There are amazing souks (old covered marketplaces) and beautiful mosques and preserved forts, there are deserts and sea ports. The food is out of this world! Blood orange juice, roasted chicken, salads full of tasty fresh ingredients, lamb roasted to perfection on skewers, sweet sheets of dried apricot "leather", rich halvah, crunchy baklava, and the best yogurt I've ever eaten.

Okay, so the coffee is a bit bitter. But I love the damask fabric, the rugs, the olive oil soap, and the chocolate covered almonds.

I want to say THANK YOU, Nancy Pelosi, senator from my former state of California (wish I could say I voted for her, but I live in Asia and can only vote in Presidential elections... which gives me an idea). House Speaker Pelosi is merely doing what everyone ought to be doing, especially Condoleeza and W (ahem, you two): visiting a few folks to see if it's really such a good idea for them to be on the USofA SH*T list. I mean, isn't communication the universal solvent or something?
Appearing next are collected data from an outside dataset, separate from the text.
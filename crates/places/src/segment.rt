//! Places in the order in which they were written.

ghost use Rattle.std.specs.Prelude.{◌≡◌, ◌+◌, ◌<◌, ◌≤◌, ◌++◌, ◌∷◌, [], OnOk, vec_len, vec_capacity};

use crate::place::Place;
use crate::room::touch_room;
use ctrie_base::Ticks;
use std::alloc::{AllocError, Global};

/// What is written where no place stands yet.
const NOWHERE: Place = Place {
    step: 0,
    on_time: false,
    moment: 0,
    changed_nothing: false,
    id: 0,
};

/// Places in the order in which they were written. The call that writes one counts one tick, and the segment keeps
/// how often it was written: so one that is made anew doesn't pass for the one that was kept.
#[derive(Drop)]
pub(crate) struct Segment {
    places: Vec<Place>,
    /// How often a place was written here, for clauses alone.
    writes: Ticks,
}

impl Segment {
    /// No places. It takes no memory.
    pub(crate) fn new(alloc: Global) -> Segment
        ensures places { result.places.items ≡ [] }
        ensures writes { result.writes.count ≡ 0 }
    {
        Segment {
            places: Vec::new(alloc),
            writes: Ticks::new(),
        }
    }

    /// Makes room for one place more.
    pub(crate) fn room(&mut self) -> Result<(), AllocError>
        ensures same { self.new.places.items ≡ self.old.places.items }
        ensures writes { self.new.writes.count ≡ self.old.writes.count }
        ensures room { OnOk result (vec_len self.new.places < vec_capacity self.new.places) }
        ensures capacity { vec_capacity self.old.places ≤ vec_capacity self.new.places }
    {
        self.places.reserve(1)
    }

    /// Makes room for this many places more, in memory that is written here.
    pub(crate) fn reserve(&mut self, count: usize) -> Result<(), AllocError>
        ensures same { self.new.places.items ≡ self.old.places.items }
        ensures writes { self.new.writes.count ≡ self.old.writes.count }
        ensures room { OnOk result (vec_len self.new.places + count ≤ vec_capacity self.new.places) }
        ensures capacity { vec_capacity self.old.places ≤ vec_capacity self.new.places }
    {
        touch_room(&mut self.places, count, NOWHERE)
    }

    /// Writes one place.
    pub(crate) fn push(&mut self, place: Place, ticks: &mut Ticks)
        requires { vec_len self.old.places < vec_capacity self.old.places }
        ensures places { self.new.places.items ≡ self.old.places.items ++ place ∷ [] }
        ensures capacity { vec_capacity self.new.places ≡ vec_capacity self.old.places }
        ensures writes { self.new.writes.count ≡ self.old.writes.count + 1 }
        ensures ticks { ticks.new.count ≡ ticks.old.count + 1 }
    {
        ticks.add();
        self.writes.add();
        self.places.push_reserved(place);
    }

    /// The places.
    pub(crate) fn as_slice(&self) -> &[Place]
        ensures { result.now ≡ self.now.places.items }
    {
        self.places.as_slice()
    }
}
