//! The order by places, in segments.

ghost use Rattle.std.specs.Prelude.{◌≡◌, ◌+◌, ◌<◌, ◌≤◌, ◌++◌, ◌∷◌, [], All, IfOk, OnOk, IsOkUnless, length, nat_lt};
ghost use Rattle.std.specs.List.{position, position_or_len};
ghost use Rattle.places.specs.Places.{ids_by_place};
ghost use Rattle.places.specs.Segments.{AreCut};
ghost use Rattle.ctrie_base.specs.declared.refusals.Refusal.TheVariants.{Memory};

use crate::place::Place;
use crate::room::touch_room;
use crate::segment::Segment;
use ctrie_base::{Refusal, Ticks, Trace};
use std::alloc::{AllocError, Global};
use std::marker::Model;

/// The places of operations, and the steps at which generations were closed.
///
/// A closing ends a segment: the places up to its step. All segments stand in one list, one after the
/// other, but for the places that came after their segment was ended.
pub struct Places {
    /// Those of all segments, one segment after the other.
    listed: Segment,
    /// Those that came after their segment was ended.
    stray: Segment,
    closings: Vec<u64>,
    /// The last closing: the places up to it are of segments that were ended.
    closed: u64,
    /// All of them in the order in which they came, for clauses alone.
    arrivals: Trace<Place>,
    ticks: Ticks,
}

impl Drop for Places {
    fn drop(self) {
        let Places {
            listed: _,
            stray: _,
            closings: _,
            closed: _,
            arrivals: _,
            ticks: _,
        } = self;
    }
}

impl Model for Places {
    ghost use Rattle.std.specs.Prelude.{◌≡◌, ◌+◌, ◌-◌, min, vec_len, vec_capacity};
    ghost use Rattle.places.specs.Segments.{Listing, IsKept};

    ghost Value = { Listing };

    ghost view = { λ p. record {
      places = p.arrivals.items;
      closings = p.closings.items;
      ticks = p.ticks.count;
      room_to_add = min (vec_capacity p.listed.places - vec_len p.listed.places) (vec_capacity p.stray.places - vec_len p.stray.places);
      room_to_close = vec_capacity p.closings - vec_len p.closings;
    } };

    ghost invariant = { λ p.
        IsKept p.arrivals.items p.listed.places.items p.stray.places.items p.closings.items p.closed
        × (p.ticks.count ≡ p.listed.writes.count + p.stray.writes.count) };
}

impl Places {
    /// No places, and no closings. It takes no memory.
    pub fn new(alloc: Global) -> Places
        ensures places { result.places ≡ [] }
        ensures closings { result.closings ≡ [] }
        ensures ticks { result.ticks ≡ 0 }
    {
        Places {
            listed: Segment::new(alloc),
            stray: Segment::new(alloc),
            closings: Vec::new(alloc),
            closed: 0,
            arrivals: Trace::new(),
            ticks: Ticks::new(),
        }
    }

    /// Makes room for one closing and one place. An error says that memory was refused: then at most the
    /// room has grown.
    pub fn room(&mut self) -> Result<(), Refusal>
        ensures only_memory { IsOkUnless result Memory }
        ensures places { self.new.places ≡ self.old.places }
        ensures closings { self.new.closings ≡ self.old.closings }
        ensures ticks { self.new.ticks ≡ self.old.ticks }
        ensures to_add { OnOk result (0 < self.new.room_to_add) }
        ensures to_close { OnOk result (0 < self.new.room_to_close) }
        ensures more_to_add { self.old.room_to_add ≤ self.new.room_to_add }
        ensures more_to_close { self.old.room_to_close ≤ self.new.room_to_close }
    {
        self.closings.reserve(1)?;
        self.listed.room()?;
        self.stray.room()?;
        Ok(())
    }

    /// Makes room for this many closings and places, in memory that is written here. An error says that memory was
    /// refused: then at most the room has grown.
    pub fn reserve(&mut self, count: usize) -> Result<(), Refusal>
        ensures only_memory { IsOkUnless result Memory }
        ensures places { self.new.places ≡ self.old.places }
        ensures closings { self.new.closings ≡ self.old.closings }
        ensures ticks { self.new.ticks ≡ self.old.ticks }
        ensures to_add { OnOk result (count ≤ self.new.room_to_add) }
        ensures to_close { OnOk result (count ≤ self.new.room_to_close) }
        ensures more_to_add { self.old.room_to_add ≤ self.new.room_to_add }
        ensures more_to_close { self.old.room_to_close ≤ self.new.room_to_close }
    {
        touch_room(&mut self.closings, count, 0)?;
        self.listed.reserve(count)?;
        self.stray.reserve(count)?;
        Ok(())
    }

    /// A generation is closed at this step.
    pub fn close(&mut self, step: u64)
        requires room { 0 < self.old.room_to_close }
        requires later { All (λ closing. closing < step) self.old.closings }
        requires behind { All (λ place. place.step ≤ step) self.old.places }
        ensures closings { self.new.closings ≡ self.old.closings ++ step ∷ [] }
        ensures places { self.new.places ≡ self.old.places }
        ensures ticks { self.new.ticks ≡ self.old.ticks }
        ensures to_add { self.new.room_to_add ≡ self.old.room_to_add }
        ensures to_close { self.old.room_to_close ≡ self.new.room_to_close + 1 }
    {
        self.closings.push_reserved(step);
        self.closed = step;
    }

    /// Adds the place of an operation.
    pub fn add(&mut self, at: Place)
        requires { 0 < self.old.room_to_add }
        ensures places { self.new.places ≡ self.old.places ++ at ∷ [] }
        ensures closings { self.new.closings ≡ self.old.closings }
        ensures ticks { self.new.ticks ≡ self.old.ticks + 1 }
        ensures to_add { self.old.room_to_add ≤ self.new.room_to_add + 1 }
        ensures to_close { self.new.room_to_close ≡ self.old.room_to_close }
    {
        if at.step <= self.closed {
            self.stray.push(at, &mut self.ticks);
        } else {
            self.listed.push(at, &mut self.ticks);
        }
        self.arrivals = self.arrivals.with_last(&at);
    }

    /// The order: the ids by rising place.
    pub fn order(&self) -> Result<Vec<u64>, Refusal>
        ensures order { IfOk result (λ order. order.items ≡ ids_by_place self.now.places) }
        ensures only_memory { IsOkUnless result Memory }
    {
        let alloc = *self.closings.allocator();
        let mut late = Vec::from_slice(alloc, self.stray.as_slice())?;
        late.sort()?;
        Ok(joined(
            alloc,
            self.closings.as_slice(),
            self.listed.as_slice(),
            late.as_slice(),
        )?)
    }

    /// How often a place was written or moved.
    pub fn ticks(&self) -> &Ticks
        ensures { result.now.count ≡ self.now.ticks }
    {
        &self.ticks
    }
}

/// The ids by rising place, segment for segment.
fn joined(
    alloc: Global,
    closings: &[u64],
    listed: &[Place],
    late: &[Place],
) -> Result<Vec<u64>, AllocError>
    requires listed { AreCut closings.now listed.now }
    requires late { AreCut closings.now late.now }
    ensures { IfOk result (λ order. order.items ≡ ids_by_place (listed.now ++ late.now)) }
{
    let mut order = Vec::with_capacity(alloc, listed.len())?;
    let mut left = listed;
    let mut late_left = late;
    for closing in closings {
        let (segment, behind) = left.split_at(reach(left, *closing));
        let (stray, late_behind) = late_left.split_at(reach(late_left, *closing));
        append(&mut order, segment, stray)?;
        left = behind;
        late_left = late_behind;
    }
    append(&mut order, left, late_left)?;
    Ok(order)
}

/// Appends the ids of one segment, by rising place.
fn append(order: &mut Vec<u64>, segment: &[Place], stray: &[Place]) -> Result<(), AllocError>
    ensures { OnOk result (order.new.items ≡ order.old.items ++ ids_by_place (segment.now ++ stray.now)) }
{
    let mut sorted = Vec::from_slice(*order.allocator(), segment)?;
    sorted.extend_from_slice(stray)?;
    sorted.sort()?;
    for place in &sorted {
        order.push(place.id)?;
    }
    Ok(())
}

/// How many places from the front on are up to the closing.
fn reach(places: &[Place], closing: u64) -> usize
    ensures reach { result ≡ position_or_len (λ place. nat_lt closing place.step) places.now }
    ensures within { result ≤ length places.now }
{
    first_behind(places, closing).unwrap_or(places.len())
}

/// The index of the first place after the closing.
fn first_behind(places: &[Place], closing: u64) -> Option<usize>
    ensures { result ≡ position (λ place. nat_lt closing place.step) places.now }
{
    places.iter().position(|place| closing < place.step)
}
I hope Nancy picked up some plastic vats of that halvah to pass around her office at tea time. Her interns will love her forever, if she did. And I hope she stopped by the big souk at Aleppo to buy olive oil soap from the guy who looks exactly like Hank Azaria and speaks perfect English. But of course, I acknowledge that she was there for the serious business of talking world issues with President Assad. They appeared, on CNN, to be more than cordial with each other. Just America's most important working Grandma and the middle east's most intriguing former ophthalmologist, having a good chat. Probably not about eye charts and halvah, either. But someday, I hope that's all they have to discuss.